When World War II ended, Carroll resigned from the Army Air Corps. Carroll started many businesses, but he had a passion for racing. Winning his first race in 1952 in an MG-TC put his road racing career on a fast track. Soon Shelby was driving Ferrari and Maserati sports racing cars. He won 12 races in two years. Impressed by his driving talents, Shelby was invited to join the Aston Martin factory team in 1954
The pinnacle of Shelby's driving career came in 1959 when he won the crown jewel of international sports cars racing, the 24 Hours of lemans.
During Shelby's European racing career, he drove the fastest and most expensive sports cars of the time. The Ferraris, Maserati's, Aston Martins, and Jaguars were very expensive and were outfitted with very complex engines. Carroll was impressed by the power these sports cars had to offer, but their complex, unreliable engines required constant maintenance and repair. With this idea in mind, Carrol questioned why no one in the United States built a sports car that offered European handling and balance with an American V-8 engine that could be easily repaired at any car dealership or automotive shop. Carroll started to think of building just such a sports car and selling it for half the European market price. While dreaming, Shelby came up with the name for his sports car, the Cobra. Shelby's vision became a reality when he discovered that AC Cars in Britain lost the engine supplier for their Bristol sports car. Shelby reached out to AC Cars and showed them his plan. They were thrilled; AC told Shelby to reach back out when he had an engine supplier lined up.

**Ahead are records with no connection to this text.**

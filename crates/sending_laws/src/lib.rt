//! What a server sends its devices as edits, over whole runs of the world: with restarts of the server and of the devices, cut
//! and lost connections, and appends that fail.
#![tactic(auto)]

ghost use Rattle.std.specs.Prelude.{◌≡◌, ℕ, ◌+◌, ◌≤◌, List, length};
ghost use Rattle.mos_edits.specs.Texts.{Text};
ghost use Rattle.mos_machines.specs.Messages.{Packet};
ghost use Rattle.world_laws.specs.World.{World, WorldEvent, Effect, opening, world_step};
ghost use Rattle.world_laws.specs.Reached.{IsReached};
ghost use Rattle.sending_laws.specs.Sends.{entries_sent, readies_sent_again, lists_told, times, AreAscending, IsEditOf};

/// No entry is sent twice to a device, over any run: the entries of an order that a device is sent have ascending numbers, so
/// each of them goes out to it at most once.
///
/// Restarts of the server and of the device change nothing of that. What was sent before, or was accepted before a restart of
/// the server, the device is told again only by a list, or by a whole-order edit that is accepted later, and never by the
/// same entry. Of READYs that are sent again `readies_are_sent_again_after_lists` speaks.
pub fn no_entry_is_sent_twice()
    ensures ascending { (devices : ℕ) (events : List WorldEvent) (d : ℕ) (r : Text) → AreAscending 0 (entries_sent d r (opening devices) events) }
    ensures once { (devices : ℕ) (events : List WorldEvent) (d : ℕ) (r : Text) (k : ℕ) → times k (entries_sent d r (opening devices) events) ≤ 1 }
{}

/// A READY goes out again only behind a list: over any run, no more READYs of an order are sent again to a device than lists of
/// that order were told to it, and at most one before the next such list. So the same holds of each READY alone.
pub fn readies_are_sent_again_after_lists()
    ensures fewer { (devices : ℕ) (events : List WorldEvent) (d : ℕ) (r : Text) → length (readies_sent_again d r (opening devices) events) ≤ length (lists_told d r (opening devices) events) }
    ensures between { (w : World) (events : List WorldEvent) (d : ℕ) (r : Text) → length (readies_sent_again d r w events) ≤ length (lists_told d r w events) + 1 }
{}

/// Each edit that is written is an entry of its order as it stands in the journal, or a READY or a script that is sent again;
/// and it is tagged so. Devices write none.
pub fn edits_are_entries()
    ensures { (w : World) (e : WorldEvent) (p : Packet) → IsReached w → (world_step w e).1 ≡ Effect.Wrote p → IsEditOf w.journal p p.message }
{}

Shelby went to General motors asking for them to supply their Small Block V8. However, GM declined his proposal. after being rejected, Carroll went to GM's biggest competitor, The Ford Motor Company, who loved the idea of offering a sports car that would go head-to-head with the Chevrolet Corvette. Carroll, always the racer, explained his dream to race Cobras against Corvette in the USA and Ferrari in Europe. In addition, he wanted to win the World Manufacturer's GT Championship that had been solely claimed by Ferrari since its inception.
In 1962, Carrol started Shelby American in California. First equipped with the Ford 260ci but later adopting the 289ci engines, the Cobra proved to be a success for Ford dealers and racetracks worldwide.
The Cobras dominated Corvettes in North America, winning races coast to coast. On July 4, 1965, the Cobra won the World Manufacturers' GT Championship, as the team soundly defeated Ferrari and is the only American vehicle manufacturer ever to win the prestigious championship.